EXERCISE BRIEF -> Which lines of the material hold the word "IfSome"? Copy each one.

TASK INPUTS ->
== Segment start ==

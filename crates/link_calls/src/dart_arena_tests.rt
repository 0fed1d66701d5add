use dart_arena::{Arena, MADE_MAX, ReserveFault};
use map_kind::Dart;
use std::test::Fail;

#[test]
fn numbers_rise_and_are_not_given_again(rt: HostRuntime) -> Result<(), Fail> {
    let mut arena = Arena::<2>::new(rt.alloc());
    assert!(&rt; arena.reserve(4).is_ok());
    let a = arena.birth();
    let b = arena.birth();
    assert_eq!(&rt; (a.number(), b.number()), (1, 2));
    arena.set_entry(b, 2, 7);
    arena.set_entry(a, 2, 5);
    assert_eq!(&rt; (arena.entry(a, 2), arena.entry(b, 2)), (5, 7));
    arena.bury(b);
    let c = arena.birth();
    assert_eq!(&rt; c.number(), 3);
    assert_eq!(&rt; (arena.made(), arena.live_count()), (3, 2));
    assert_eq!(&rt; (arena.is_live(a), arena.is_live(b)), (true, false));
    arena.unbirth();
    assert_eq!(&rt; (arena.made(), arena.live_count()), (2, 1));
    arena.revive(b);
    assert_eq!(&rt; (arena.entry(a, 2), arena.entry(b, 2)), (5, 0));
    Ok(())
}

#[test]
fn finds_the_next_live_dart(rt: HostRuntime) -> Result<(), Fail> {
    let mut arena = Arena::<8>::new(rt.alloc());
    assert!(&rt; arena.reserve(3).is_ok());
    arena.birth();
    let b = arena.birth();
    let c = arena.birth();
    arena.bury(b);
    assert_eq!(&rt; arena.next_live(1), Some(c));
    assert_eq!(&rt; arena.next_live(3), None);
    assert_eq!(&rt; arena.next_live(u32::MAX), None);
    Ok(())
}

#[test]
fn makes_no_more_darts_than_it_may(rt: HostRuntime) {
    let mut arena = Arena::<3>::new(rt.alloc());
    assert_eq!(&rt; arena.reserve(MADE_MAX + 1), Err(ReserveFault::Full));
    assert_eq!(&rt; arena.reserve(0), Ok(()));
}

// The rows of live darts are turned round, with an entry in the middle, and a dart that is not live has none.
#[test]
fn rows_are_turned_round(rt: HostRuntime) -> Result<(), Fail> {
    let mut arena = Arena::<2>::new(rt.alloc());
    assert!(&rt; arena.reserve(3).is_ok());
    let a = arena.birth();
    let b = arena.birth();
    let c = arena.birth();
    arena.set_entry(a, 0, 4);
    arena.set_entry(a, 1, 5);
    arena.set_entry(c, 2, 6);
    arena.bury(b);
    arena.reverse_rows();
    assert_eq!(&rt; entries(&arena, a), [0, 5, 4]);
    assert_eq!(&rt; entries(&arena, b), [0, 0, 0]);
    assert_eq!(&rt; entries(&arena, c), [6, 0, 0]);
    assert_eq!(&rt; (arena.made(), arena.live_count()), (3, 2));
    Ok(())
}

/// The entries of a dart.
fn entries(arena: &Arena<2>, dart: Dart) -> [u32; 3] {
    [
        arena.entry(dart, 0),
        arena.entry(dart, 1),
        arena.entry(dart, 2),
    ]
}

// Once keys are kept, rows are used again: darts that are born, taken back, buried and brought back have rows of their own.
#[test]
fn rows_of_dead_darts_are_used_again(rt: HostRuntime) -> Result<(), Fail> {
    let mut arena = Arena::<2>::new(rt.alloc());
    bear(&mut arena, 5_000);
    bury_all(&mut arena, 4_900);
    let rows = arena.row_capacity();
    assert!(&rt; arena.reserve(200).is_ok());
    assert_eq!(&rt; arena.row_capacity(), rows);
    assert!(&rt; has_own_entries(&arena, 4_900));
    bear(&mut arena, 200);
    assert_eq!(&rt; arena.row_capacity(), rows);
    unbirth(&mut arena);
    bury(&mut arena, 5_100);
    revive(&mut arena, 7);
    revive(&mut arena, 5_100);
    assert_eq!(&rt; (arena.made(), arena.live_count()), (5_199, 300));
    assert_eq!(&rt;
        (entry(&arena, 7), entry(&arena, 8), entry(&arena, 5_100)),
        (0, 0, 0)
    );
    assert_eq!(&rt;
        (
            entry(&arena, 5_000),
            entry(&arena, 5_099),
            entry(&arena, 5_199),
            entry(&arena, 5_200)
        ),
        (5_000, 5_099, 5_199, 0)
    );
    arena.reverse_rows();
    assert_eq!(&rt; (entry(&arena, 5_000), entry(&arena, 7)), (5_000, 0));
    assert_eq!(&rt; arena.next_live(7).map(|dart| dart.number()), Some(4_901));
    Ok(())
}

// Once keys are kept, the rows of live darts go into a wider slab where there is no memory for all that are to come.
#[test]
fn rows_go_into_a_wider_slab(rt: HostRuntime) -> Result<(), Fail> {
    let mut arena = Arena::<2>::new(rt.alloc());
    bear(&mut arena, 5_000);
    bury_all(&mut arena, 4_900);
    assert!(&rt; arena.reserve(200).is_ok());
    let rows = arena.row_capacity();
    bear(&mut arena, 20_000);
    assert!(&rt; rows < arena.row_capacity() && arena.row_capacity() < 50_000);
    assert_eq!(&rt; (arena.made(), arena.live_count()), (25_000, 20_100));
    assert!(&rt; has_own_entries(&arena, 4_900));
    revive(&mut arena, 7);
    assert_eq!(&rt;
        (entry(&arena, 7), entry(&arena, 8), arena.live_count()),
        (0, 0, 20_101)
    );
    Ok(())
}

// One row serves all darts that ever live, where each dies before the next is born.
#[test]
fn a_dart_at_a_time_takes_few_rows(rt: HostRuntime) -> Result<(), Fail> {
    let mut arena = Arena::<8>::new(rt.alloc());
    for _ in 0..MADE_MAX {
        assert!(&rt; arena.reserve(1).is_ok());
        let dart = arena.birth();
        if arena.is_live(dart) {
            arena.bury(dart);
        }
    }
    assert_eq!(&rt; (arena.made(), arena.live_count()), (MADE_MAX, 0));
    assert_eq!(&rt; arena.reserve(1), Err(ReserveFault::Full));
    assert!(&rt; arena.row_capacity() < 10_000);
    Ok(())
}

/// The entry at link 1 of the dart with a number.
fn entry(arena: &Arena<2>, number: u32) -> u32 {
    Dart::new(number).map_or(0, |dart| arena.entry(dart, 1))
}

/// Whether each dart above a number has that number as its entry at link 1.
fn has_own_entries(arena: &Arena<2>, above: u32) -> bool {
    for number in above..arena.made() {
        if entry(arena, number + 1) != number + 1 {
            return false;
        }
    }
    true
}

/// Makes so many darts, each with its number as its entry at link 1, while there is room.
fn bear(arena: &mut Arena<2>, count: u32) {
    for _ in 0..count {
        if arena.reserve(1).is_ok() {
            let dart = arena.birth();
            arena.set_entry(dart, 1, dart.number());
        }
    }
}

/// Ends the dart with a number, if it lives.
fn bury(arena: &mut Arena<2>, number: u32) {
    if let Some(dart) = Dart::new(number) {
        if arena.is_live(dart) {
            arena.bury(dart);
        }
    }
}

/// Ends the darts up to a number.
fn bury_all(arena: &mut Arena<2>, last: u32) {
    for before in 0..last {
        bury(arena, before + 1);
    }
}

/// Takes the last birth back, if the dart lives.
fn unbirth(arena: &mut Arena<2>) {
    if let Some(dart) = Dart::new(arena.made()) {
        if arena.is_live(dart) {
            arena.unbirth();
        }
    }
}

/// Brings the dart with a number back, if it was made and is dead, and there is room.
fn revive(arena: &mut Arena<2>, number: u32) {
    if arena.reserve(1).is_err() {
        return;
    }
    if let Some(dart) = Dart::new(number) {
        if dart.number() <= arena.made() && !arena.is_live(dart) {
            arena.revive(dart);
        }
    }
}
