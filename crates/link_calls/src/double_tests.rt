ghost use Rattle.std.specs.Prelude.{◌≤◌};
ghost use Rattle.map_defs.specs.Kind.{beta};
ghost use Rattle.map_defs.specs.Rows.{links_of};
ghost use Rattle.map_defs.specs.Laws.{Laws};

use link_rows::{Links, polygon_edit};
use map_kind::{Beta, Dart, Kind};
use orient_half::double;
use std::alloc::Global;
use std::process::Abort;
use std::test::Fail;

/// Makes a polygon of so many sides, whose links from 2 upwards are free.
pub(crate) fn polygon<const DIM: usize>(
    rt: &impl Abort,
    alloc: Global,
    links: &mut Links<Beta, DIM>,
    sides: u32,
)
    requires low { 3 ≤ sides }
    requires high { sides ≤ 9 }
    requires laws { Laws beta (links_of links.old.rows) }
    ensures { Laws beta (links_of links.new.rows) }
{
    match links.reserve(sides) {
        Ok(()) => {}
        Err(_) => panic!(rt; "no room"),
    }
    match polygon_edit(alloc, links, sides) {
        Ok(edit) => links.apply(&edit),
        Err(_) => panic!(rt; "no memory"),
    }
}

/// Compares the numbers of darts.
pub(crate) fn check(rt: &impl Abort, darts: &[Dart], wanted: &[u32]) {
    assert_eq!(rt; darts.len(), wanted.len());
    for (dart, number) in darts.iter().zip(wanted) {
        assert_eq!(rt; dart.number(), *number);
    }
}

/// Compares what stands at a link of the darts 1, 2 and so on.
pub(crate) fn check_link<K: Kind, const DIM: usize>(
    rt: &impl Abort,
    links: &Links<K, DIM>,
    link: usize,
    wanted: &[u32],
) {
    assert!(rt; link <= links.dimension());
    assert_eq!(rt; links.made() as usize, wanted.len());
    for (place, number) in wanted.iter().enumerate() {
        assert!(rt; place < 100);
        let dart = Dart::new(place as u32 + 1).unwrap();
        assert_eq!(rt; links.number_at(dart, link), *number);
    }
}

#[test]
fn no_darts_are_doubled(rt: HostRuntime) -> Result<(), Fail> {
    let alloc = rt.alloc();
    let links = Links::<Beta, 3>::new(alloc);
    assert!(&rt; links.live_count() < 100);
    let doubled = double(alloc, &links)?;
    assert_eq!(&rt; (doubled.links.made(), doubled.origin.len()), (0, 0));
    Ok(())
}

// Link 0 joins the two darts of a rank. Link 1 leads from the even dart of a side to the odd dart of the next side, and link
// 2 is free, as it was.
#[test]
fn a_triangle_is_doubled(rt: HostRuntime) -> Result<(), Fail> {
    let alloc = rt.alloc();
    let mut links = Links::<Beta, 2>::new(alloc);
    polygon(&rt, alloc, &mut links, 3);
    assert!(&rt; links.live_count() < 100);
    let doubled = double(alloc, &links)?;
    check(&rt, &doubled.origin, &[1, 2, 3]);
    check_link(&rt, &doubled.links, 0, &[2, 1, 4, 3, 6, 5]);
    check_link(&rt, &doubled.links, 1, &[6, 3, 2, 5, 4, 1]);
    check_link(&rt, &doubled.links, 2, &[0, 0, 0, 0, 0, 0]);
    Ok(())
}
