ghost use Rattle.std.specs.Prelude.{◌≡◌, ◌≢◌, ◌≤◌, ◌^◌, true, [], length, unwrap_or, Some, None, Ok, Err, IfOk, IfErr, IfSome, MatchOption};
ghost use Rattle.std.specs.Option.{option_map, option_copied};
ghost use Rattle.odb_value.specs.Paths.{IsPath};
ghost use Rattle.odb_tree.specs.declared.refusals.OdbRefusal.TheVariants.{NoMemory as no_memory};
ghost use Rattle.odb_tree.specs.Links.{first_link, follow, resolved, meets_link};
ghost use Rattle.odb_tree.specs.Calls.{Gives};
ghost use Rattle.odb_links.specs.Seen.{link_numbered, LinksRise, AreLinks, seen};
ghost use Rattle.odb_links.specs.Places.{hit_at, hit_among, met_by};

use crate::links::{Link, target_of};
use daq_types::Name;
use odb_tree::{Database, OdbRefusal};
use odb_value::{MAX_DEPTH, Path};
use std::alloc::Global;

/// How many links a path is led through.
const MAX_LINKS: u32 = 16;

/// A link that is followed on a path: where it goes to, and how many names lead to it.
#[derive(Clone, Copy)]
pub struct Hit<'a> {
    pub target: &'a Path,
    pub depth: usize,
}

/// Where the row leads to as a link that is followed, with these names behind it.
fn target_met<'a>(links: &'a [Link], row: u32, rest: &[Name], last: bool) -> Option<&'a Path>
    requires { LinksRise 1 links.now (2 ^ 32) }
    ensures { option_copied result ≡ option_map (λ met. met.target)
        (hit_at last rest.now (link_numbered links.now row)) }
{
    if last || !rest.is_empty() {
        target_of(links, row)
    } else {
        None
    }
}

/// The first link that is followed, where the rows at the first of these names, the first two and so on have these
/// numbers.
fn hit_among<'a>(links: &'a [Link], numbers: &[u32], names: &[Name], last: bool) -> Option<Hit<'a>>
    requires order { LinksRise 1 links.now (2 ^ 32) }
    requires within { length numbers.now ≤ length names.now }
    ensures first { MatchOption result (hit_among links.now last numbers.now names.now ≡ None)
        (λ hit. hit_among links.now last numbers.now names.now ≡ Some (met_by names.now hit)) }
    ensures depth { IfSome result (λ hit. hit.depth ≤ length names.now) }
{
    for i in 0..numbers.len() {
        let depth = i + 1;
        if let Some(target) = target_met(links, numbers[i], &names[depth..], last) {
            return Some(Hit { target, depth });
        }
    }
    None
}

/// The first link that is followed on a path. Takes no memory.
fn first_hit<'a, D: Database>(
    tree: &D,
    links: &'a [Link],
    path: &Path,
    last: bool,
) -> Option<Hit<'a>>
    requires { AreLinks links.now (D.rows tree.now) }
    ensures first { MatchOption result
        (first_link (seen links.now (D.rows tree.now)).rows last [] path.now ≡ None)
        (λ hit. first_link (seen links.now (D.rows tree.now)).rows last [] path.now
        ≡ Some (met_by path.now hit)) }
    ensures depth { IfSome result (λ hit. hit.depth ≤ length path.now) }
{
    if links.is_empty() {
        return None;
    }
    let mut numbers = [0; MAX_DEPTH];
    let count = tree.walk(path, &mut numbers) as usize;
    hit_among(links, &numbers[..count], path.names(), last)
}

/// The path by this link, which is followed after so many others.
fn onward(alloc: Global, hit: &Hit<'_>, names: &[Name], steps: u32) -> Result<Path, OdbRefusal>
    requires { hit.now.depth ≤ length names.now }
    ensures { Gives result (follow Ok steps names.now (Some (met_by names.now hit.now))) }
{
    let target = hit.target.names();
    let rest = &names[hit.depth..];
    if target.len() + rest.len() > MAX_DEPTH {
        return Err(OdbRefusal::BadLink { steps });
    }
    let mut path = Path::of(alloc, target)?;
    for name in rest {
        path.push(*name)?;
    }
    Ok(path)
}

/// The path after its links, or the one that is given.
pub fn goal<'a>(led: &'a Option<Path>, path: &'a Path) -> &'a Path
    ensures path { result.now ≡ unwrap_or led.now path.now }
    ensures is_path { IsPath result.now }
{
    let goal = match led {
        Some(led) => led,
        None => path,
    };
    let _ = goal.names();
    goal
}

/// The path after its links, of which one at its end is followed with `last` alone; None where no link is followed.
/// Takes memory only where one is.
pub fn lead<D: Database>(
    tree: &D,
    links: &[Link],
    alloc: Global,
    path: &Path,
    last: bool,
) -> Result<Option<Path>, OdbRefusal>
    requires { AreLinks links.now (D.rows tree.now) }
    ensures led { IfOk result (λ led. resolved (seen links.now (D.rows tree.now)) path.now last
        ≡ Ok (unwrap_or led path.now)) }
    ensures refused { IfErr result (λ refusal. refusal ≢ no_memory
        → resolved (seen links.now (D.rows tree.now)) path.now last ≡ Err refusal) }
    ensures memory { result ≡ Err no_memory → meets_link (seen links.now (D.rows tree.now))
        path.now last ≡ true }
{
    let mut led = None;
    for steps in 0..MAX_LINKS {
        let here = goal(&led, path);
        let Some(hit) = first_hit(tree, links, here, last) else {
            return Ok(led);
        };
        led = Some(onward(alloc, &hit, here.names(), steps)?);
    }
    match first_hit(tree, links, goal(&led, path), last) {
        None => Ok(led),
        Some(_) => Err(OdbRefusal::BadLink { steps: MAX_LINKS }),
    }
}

== Segment end ==

TASK RESULT ->
ghost use Rattle.std.specs.Prelude.{◌≡◌, ◌≢◌, ◌≤◌, ◌^◌, true, [], length, unwrap_or, Some, None, Ok, Err, IfOk, IfErr, IfSome, MatchOption};
    ensures depth { IfSome result (λ hit. hit.depth ≤ length names.now) }
    ensures depth { IfSome result (λ hit. hit.depth ≤ length path.now) }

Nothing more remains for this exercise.